5 Replies Latest reply on Apr 15, 2009 7:31 AM by sfdurham

    NetPerfMon hangs

      I've seen this issue posted addressed in previous thread, but not sure what came of it.   

      One of our Orion machines NetPerfmon process hangs at random times, maybe once every 3-5 days.  Often the Polling Status icon stays green, and there's little indication that its stopped working, at least from the web interface.  But running a sniffer clearly shows its no longer sending ICMP, etc.  

      In System Manager , Polling Status, the Packet Queue ICMP & SNMP outstanding climb to big numbers, and and then seems to freeze, and nothing changes except the clock timer.

      Stopping NetPerfmon and restarting fixes it, but then Orion wants to go out and do Baseline again.

      We have Orion v9.1 SP3

        • Re: NetPerfMon hangs
          bshopp

          Might want to try going to SP5 and see if the behavior continues

          • Re: NetPerfMon hangs
            ceige

            How many elements are you polling?  I have seen this on larger implementations where we were pushing 10-12k elements on a polling engine... What seemed to happen was that during "Optimal" conditions everything ran fine with a 99% poll completion and Outstanding polls never topped 500.  But during an incident Orion seemed to get choked up waiting on polls and retries to timeout and OutStanding polls went through the roof.  The problem is that after the issue was resolved Orion was still hanging.  No devices changed status and there was nothing to indicate there was a problem other than the CPU utilization at 100% of a single core (~12% on 8 core box),the memory useage was frozen as well, and of course if i drilled into the interface details i had no graphs. 

              • Re: NetPerfMon hangs

                All of sudden I am having the issue described above.
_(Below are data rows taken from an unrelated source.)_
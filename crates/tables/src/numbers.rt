//! The refused lines of all pieces by their numbers in the input.

ghost use Rattle.std.specs.Prelude.{◌≡◌, ◌+◌, ◌<◌, ◌++◌, IfOk, OnOk, All};
ghost use Rattle.std.specs.List.Sorted.{IsPermutation, IsNonDecreasingBy};
ghost use Rattle.tables.specs.Inside.Notes.{AreLinesBehind, AreLinesOf};
ghost use Rattle.tables.specs.Notes.{IsWellNumbered, line_count, notes_in, refused_lines_from};
ghost use Rattle.semantics.specs.Limits.{input_limit};

use crate::piece_refusals::PieceRefusals;
use crate::refusals::Refusals;
use lines::LineFault;
use std::alloc::{AllocError, Global};

/// The list of the refused lines of the pieces by ascending index, each numbered by its place
/// within its piece and the line counts of the pieces before. The list takes memory for so many
/// lines at once; each note is given back as soon as its lines are in the list.
pub(crate) fn number(
    alloc: Global,
    count: u64,
    notes: Vec<PieceRefusals>,
) -> Result<Vec<(u64, LineFault)>, AllocError>
    requires few { line_count (notes_in notes) < input_limit }
    requires numbered { All IsWellNumbered (notes_in notes) }
    ensures { IfOk result (λ lines. AreLinesOf (notes_in notes) lines.items) }
{
    let notes = sort_by_index(notes);
    list_in_order(alloc, count, notes)
}

/// The refused lines of the pieces by ascending index, numbered as in `number`, without a list of
/// them.
pub(crate) fn gather(alloc: Global, notes: Vec<PieceRefusals>) -> Result<Refusals, AllocError>
    requires few { line_count (notes_in notes) < input_limit }
    requires numbered { All IsWellNumbered (notes_in notes) }
    ensures { IfOk result (AreLinesOf (notes_in notes)) }
{
    let notes = sort_by_index(notes);
    gather_in_order(alloc, notes)
}

/// Puts the refused lines of more pieces behind those of an earlier part of the input, which has so
/// many lines: by ascending index, each numbered by its place within its piece and the line counts
/// of all that is before.
pub(crate) fn gather_behind(
    gathered: &mut Refusals,
    before: u64,
    notes: Vec<PieceRefusals>,
) -> Result<(), AllocError>
    requires few { before + line_count (notes_in notes) < input_limit }
    requires numbered { All IsWellNumbered (notes_in notes) }
    ensures { OnOk result
        (AreLinesBehind before (notes_in notes) gathered.old gathered.new) }
{
    let notes = sort_by_index(notes);
    put_all_behind(gathered, before, notes)
}

/// The notes by ascending index.
fn sort_by_index(mut notes: Vec<PieceRefusals>) -> Vec<PieceRefusals>
    ensures permutation { IsPermutation notes.items result.items }
    ensures ascending { IsNonDecreasingBy (λ note. note.index) result.items }
{
    notes.sort_unstable_by_key(|note| note.index);
    notes
}

/// The list of the refused lines of the pieces in the order of the notes, each numbered by its
/// place within its piece and the line counts of the pieces before.
fn list_in_order(
    alloc: Global,
    count: u64,
    notes: Vec<PieceRefusals>,
) -> Result<Vec<(u64, LineFault)>, AllocError>
    requires few { line_count (notes_in notes) < input_limit }
    requires numbered { All IsWellNumbered (notes_in notes) }
    ensures { IfOk result (λ lines. lines.items ≡ refused_lines_from 0 (notes_in notes)) }
{
    let mut list = Vec::with_capacity(alloc, count as usize)?;
    let mut before = 0;
    for note in notes {
        note.refused.list_behind(before, &mut list)?;
        before += note.lines;
    }
    Ok(list)
}

/// The refused lines of the pieces in the order of the notes, each numbered by its place within its
/// piece and the line counts of the pieces before. Those of the first piece have these numbers
/// already, and stay as they are.
fn gather_in_order(alloc: Global, mut notes: Vec<PieceRefusals>) -> Result<Refusals, AllocError>
    requires few { line_count (notes_in notes) < input_limit }
    requires numbered { All IsWellNumbered (notes_in notes) }
    ensures { IfOk result (λ lines. lines ≡ refused_lines_from 0 (notes_in notes)) }
{
    if notes.is_empty() {
        return Ok(Refusals::new(alloc));
    }
    let first = notes.remove(0);
    let mut gathered = first.refused;
    put_all_behind(&mut gathered, first.lines, notes)?;
    Ok(gathered)
}

/// Puts the refused lines of pieces, in the order of the notes, behind those of the pieces before,
/// which have so many lines.
fn put_all_behind(
    gathered: &mut Refusals,
    mut before: u64,
    notes: Vec<PieceRefusals>,
) -> Result<(), AllocError>
    requires few { before + line_count (notes_in notes) < input_limit }
    requires numbered { All IsWellNumbered (notes_in notes) }
    ensures { OnOk result
        (gathered.new ≡ gathered.old ++ refused_lines_from before (notes_in notes)) }
{
    for note in notes {
        gathered.put_behind(before, &note.refused)?;
        before += note.lines;
    }
    Ok(())
}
We are running ORION 9.1SP4. What I know is that the server starts generating Event ID 1 over and over until the service is restarted. It quits detecting node status changes. this morning we had 4 servers down, which ORION was reporting as up.

                This has now happened twice within the last week. I've had to reboot the server to rectify the issue. I am going to apply SP5 today, and see if that helps otherwise I will have to engage support. Anyone have any other ideas? Below is a screen shot of the error, and what I am monitoring.  This service is running on a fairly new and powerful Blade server with 4 CPU's with 8 gigs of RAM. I am not certain this is performance related issue, but wouldn't rule it out. It is also utilizing a teamed network on a 10 gig backbone.

                Network Elements5064

                Elements Nodes618

                Nodes Interfaces3407

                Interfaces Volumes1039

                  • Re: NetPerfMon hangs
                    davbyrd

                    Microsoft Windows Updates have a knack for the "all of the sudden" issues...

                    "In General" - running a repair on the installation, and reapplying the latest SP will rectify the issue.

                     

                    However, if this doesn't work, please don't hesitate to contact Support.

                    HTH,

                    David

                      • Re: NetPerfMon hangs

                        We also suspected our TSM backups may be causing this. We had our tivoli admin scale down the files to just the essentials on that server, and so far it has been running like a champ. We also upgraded to SP5. The only files being backed up are the Cisco configs being stored by Network Configuration Manager.